▶ [Work to be completed]
Every line in the data below that has the word "DONE" should be returned.

Stored data
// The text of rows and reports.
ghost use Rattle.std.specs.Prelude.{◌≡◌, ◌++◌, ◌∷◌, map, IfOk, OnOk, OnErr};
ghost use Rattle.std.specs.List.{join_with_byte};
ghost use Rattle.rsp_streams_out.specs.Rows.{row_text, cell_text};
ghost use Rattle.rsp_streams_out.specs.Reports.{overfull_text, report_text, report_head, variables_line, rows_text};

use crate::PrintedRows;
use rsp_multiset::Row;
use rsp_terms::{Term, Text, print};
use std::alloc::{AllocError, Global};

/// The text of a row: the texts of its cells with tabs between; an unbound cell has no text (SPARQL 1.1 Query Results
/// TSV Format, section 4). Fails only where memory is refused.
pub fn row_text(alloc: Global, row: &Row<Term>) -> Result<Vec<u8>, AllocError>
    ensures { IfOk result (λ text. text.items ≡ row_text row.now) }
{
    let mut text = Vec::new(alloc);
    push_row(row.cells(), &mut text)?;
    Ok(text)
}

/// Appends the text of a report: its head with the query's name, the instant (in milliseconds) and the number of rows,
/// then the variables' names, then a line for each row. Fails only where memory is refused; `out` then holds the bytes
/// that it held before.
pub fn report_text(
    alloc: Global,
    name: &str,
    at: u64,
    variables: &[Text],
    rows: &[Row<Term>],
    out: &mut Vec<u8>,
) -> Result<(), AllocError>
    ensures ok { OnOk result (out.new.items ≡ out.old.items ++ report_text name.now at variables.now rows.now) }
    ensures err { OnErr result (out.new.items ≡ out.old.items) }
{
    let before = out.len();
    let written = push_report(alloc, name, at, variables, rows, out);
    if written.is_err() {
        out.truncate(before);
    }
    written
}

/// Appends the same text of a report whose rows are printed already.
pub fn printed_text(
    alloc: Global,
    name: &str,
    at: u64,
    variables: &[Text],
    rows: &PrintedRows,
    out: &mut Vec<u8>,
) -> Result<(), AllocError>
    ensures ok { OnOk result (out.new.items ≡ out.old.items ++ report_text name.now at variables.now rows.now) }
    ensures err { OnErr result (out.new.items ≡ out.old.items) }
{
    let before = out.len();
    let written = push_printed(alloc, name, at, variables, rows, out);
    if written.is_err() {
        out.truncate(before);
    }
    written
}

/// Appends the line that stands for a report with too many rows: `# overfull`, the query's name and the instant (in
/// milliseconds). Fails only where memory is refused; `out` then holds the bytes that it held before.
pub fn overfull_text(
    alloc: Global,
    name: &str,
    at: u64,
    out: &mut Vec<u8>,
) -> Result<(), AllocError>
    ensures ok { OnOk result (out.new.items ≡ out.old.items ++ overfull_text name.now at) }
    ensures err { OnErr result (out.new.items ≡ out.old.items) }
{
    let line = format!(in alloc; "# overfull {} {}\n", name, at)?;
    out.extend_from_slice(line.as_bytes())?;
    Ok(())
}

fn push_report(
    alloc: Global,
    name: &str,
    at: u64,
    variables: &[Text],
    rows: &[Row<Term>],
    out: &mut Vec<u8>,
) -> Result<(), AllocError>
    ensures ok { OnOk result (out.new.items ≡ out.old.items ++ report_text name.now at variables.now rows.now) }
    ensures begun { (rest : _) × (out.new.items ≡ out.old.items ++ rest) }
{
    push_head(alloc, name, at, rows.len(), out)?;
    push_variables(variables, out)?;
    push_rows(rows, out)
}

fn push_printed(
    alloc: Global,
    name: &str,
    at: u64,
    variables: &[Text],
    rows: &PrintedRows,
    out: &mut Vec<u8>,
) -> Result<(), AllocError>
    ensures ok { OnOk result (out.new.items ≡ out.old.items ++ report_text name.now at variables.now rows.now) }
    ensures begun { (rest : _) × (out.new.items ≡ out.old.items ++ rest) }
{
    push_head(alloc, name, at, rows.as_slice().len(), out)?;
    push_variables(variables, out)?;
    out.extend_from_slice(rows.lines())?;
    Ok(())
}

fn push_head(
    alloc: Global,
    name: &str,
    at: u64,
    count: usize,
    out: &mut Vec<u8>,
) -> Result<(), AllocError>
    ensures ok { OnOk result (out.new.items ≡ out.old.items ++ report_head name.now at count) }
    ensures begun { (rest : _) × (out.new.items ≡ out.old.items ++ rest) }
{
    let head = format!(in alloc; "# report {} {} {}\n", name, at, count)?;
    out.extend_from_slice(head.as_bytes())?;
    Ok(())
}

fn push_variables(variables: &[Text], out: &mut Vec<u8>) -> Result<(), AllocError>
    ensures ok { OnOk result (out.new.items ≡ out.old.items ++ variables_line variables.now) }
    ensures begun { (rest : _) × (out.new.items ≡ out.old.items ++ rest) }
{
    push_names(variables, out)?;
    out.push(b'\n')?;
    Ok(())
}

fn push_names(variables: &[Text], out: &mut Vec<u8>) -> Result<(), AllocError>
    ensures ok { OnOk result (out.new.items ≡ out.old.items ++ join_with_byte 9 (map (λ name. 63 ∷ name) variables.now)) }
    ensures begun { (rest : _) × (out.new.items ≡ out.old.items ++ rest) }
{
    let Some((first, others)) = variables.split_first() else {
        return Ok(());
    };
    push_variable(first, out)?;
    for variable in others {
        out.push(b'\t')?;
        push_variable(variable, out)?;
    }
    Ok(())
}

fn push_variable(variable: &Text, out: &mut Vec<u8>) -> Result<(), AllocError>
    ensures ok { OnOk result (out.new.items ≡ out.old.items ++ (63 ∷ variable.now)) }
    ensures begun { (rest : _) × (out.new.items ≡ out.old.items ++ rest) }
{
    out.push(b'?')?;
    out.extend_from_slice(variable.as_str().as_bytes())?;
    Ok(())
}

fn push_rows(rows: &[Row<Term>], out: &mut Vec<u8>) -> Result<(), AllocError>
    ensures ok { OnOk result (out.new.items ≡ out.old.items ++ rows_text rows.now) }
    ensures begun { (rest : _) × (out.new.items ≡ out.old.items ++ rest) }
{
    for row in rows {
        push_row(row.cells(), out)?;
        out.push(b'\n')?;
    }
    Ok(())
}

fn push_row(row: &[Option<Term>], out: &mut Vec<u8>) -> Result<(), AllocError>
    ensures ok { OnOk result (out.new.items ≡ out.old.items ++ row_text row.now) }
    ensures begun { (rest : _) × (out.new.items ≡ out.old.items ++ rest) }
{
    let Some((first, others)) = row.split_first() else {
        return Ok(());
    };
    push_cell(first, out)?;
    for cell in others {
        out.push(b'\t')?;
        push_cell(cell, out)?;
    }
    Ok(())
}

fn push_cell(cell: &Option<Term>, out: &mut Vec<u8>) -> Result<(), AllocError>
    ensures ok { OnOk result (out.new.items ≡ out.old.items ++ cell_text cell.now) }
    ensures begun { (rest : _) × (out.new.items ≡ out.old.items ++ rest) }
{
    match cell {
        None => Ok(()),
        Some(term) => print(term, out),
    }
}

* * *

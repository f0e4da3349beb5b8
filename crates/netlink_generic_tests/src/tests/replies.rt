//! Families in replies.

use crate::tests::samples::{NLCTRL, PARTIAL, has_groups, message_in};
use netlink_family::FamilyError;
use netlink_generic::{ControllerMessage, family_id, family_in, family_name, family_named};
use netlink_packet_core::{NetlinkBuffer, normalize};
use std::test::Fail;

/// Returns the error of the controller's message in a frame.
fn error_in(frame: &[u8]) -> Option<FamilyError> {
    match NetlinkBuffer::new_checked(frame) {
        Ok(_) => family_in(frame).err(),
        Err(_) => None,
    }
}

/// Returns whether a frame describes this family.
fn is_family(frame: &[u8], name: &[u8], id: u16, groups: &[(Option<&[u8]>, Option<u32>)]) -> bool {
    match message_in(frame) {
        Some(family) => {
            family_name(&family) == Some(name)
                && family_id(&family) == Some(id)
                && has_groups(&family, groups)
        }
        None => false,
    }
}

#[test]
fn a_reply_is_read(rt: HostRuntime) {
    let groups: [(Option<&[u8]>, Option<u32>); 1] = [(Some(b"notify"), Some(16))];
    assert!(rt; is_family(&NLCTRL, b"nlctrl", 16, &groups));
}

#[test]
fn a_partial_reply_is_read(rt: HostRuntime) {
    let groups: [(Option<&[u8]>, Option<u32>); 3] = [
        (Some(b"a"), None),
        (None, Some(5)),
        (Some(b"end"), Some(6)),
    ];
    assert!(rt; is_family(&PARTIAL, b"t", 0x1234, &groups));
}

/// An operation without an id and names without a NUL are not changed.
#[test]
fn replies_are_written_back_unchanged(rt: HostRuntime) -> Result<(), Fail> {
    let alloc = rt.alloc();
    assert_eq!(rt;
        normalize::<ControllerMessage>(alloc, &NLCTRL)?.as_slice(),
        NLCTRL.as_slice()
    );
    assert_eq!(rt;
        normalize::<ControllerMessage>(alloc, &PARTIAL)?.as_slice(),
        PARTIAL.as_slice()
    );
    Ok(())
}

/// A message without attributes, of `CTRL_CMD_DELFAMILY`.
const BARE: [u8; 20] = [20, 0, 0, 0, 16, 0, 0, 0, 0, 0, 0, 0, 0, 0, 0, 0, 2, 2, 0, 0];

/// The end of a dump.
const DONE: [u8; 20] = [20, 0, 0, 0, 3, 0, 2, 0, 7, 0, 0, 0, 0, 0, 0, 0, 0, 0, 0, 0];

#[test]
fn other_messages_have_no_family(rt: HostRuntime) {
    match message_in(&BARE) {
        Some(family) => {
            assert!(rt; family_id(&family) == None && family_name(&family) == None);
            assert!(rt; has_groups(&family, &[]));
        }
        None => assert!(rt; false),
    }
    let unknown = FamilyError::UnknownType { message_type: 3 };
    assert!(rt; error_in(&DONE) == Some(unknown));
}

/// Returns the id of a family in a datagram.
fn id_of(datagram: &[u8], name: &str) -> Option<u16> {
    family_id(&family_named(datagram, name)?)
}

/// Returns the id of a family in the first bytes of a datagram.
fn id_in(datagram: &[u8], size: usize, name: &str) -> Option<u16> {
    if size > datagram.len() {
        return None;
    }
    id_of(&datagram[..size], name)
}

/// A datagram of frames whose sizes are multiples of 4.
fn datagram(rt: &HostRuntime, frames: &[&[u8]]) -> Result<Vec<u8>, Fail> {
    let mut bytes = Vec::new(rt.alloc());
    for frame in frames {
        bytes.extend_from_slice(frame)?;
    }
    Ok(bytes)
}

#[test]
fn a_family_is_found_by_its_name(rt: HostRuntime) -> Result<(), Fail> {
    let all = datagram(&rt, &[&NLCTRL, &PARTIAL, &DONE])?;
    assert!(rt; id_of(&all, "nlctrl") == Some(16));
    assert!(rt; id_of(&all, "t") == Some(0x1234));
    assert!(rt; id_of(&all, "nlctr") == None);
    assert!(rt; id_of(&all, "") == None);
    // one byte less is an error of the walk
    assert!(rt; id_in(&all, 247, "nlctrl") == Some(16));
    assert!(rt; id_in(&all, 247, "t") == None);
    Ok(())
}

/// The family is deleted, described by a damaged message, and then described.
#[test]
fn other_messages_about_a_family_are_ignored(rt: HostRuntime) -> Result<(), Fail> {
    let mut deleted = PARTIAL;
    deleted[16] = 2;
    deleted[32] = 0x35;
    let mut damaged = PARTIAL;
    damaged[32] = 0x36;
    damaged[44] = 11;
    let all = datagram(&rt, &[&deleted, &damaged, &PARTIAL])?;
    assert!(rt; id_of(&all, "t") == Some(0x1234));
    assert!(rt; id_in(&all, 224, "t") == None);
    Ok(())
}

▶ [Written response]
const DONE: [u8; 20] = [20, 0, 0, 0, 3, 0, 2, 0, 7, 0, 0, 0, 0, 0, 0, 0, 0, 0, 0, 0];
    assert!(rt; error_in(&DONE) == Some(unknown));
    let all = datagram(&rt, &[&NLCTRL, &PARTIAL, &DONE])?;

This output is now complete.